Databricks Integration

Transcend maintains an integration for Databricks and Databricks Lakehouse databases that supports Structured Discovery and DSR Automation functionality, allowing you to:

  • Scan your database to identify datapoints that contain personal information
  • Programmatically classify the data category and storage purpose of datapoints
  • Define and execute DSRs directly against your database

The first step to connecting Databricks to Transcend is to add the Databricks integration through the Connect Integrations page.

Create a service principle via these instructions and generate a Client ID and Secret. Be sure to add Account Admin role to the Service Principle.

Enter the Account ID, Account URL, Client Id and Client Secret string into the Integration Connection Form in Transcend and select Connect.

The first step to connecting Databricks Lakehouse to Transcend is to add the Databricks integration through the Connect Integrations page.

Create a service principle via these instructions and generate a Client ID and Secret. Be sure to add USE_CATALOG, USE SCHEMA, SELECT, and MODIFY privileges to the Service Principle for each catalog that you want Transcend to have access to.

Enter the SQL Warehouse ID, Warehouse URL, Client Id and Client Secret string into the Integration Connection Form in Transcend and select Connect.

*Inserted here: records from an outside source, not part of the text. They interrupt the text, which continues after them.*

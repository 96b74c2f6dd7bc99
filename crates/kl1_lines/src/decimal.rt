// Numbers in decimal, and lines that end with one.

ghost use Rattle.std.specs.Prelude.{◌≡◌, ◌+◌, ◌≤◌, ◌++◌, ◌∷◌, [], length, decimal, OnOk, OnErr};
ghost use Rattle.kl1_text.specs.declared.short_bytes.TheConstants.{MOST_SHORT_BYTES};

use itoa::Buffer;
use kl1_text::ShortBytes;
use std::alloc::AllocError;

/// Puts a number in decimal after the bytes. After an `Err` they are as they were.
pub fn put_decimal(out: &mut Vec<u8>, number: u64) -> Result<(), AllocError>
    ensures ok { OnOk result (out.new.items ≡ out.old.items ++ decimal number) }
    ensures err { OnErr result (out.new.items ≡ out.old.items) }
{
    let mut buffer = Buffer::new();
    out.extend_from_slice(buffer.format(number).as_bytes())
}

/// Puts bytes after others.
fn put_short(out: &mut ShortBytes, bytes: &[u8])
    requires { length out.old + length bytes.now ≤ MOST_SHORT_BYTES }
    ensures { out.new ≡ out.old ++ bytes.now }
{
    let mut rest = bytes;
    while let [first, others @ ..] = rest {
        out.push(*first);
        rest = others;
    }
}

/// A line of words, with its end.
pub fn short_line(words: &[u8]) -> ShortBytes
    requires { length words.now ≤ 64 }
    ensures { result ≡ words.now ++ 10 ∷ [] }
{
    let mut line = ShortBytes::new();
    put_short(&mut line, words);
    put_short(&mut line, b"\n");
    line
}

/// A line of words and a number, with its end.
pub fn number_line(words: &[u8], number: u64) -> ShortBytes
    requires { length words.now ≤ 64 }
    ensures { result ≡ (words.now ++ decimal number) ++ 10 ∷ [] }
{
    let mut line = ShortBytes::new();
    put_short(&mut line, words);
    put_short(&mut line, Buffer::new().format(number).as_bytes());
    put_short(&mut line, b"\n");
    line
}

The Datapoint Schema Discovery plugin in the Databricks Lakehouse integration allows you to programmatically scan your database to identify the pieces of data in your DB and pull them into Transcend as objects and properties. Once the data is in Transcend, they can be classified, labeled, and configured for DSRs.

The plugin operates by sampling the database, generating an object within Transcend for each identified collection. Additionally, it discovers embedded arrays within these collections, each of which is also returned as an object, prefixed with the name of the parent collection for clarity. The plugin then delves deeper into the documents within each collection, and tracks every property it encounters, inclusive of nested properties. This comprehensive scanning process ensures a thorough mapping of your database structure within Transcend.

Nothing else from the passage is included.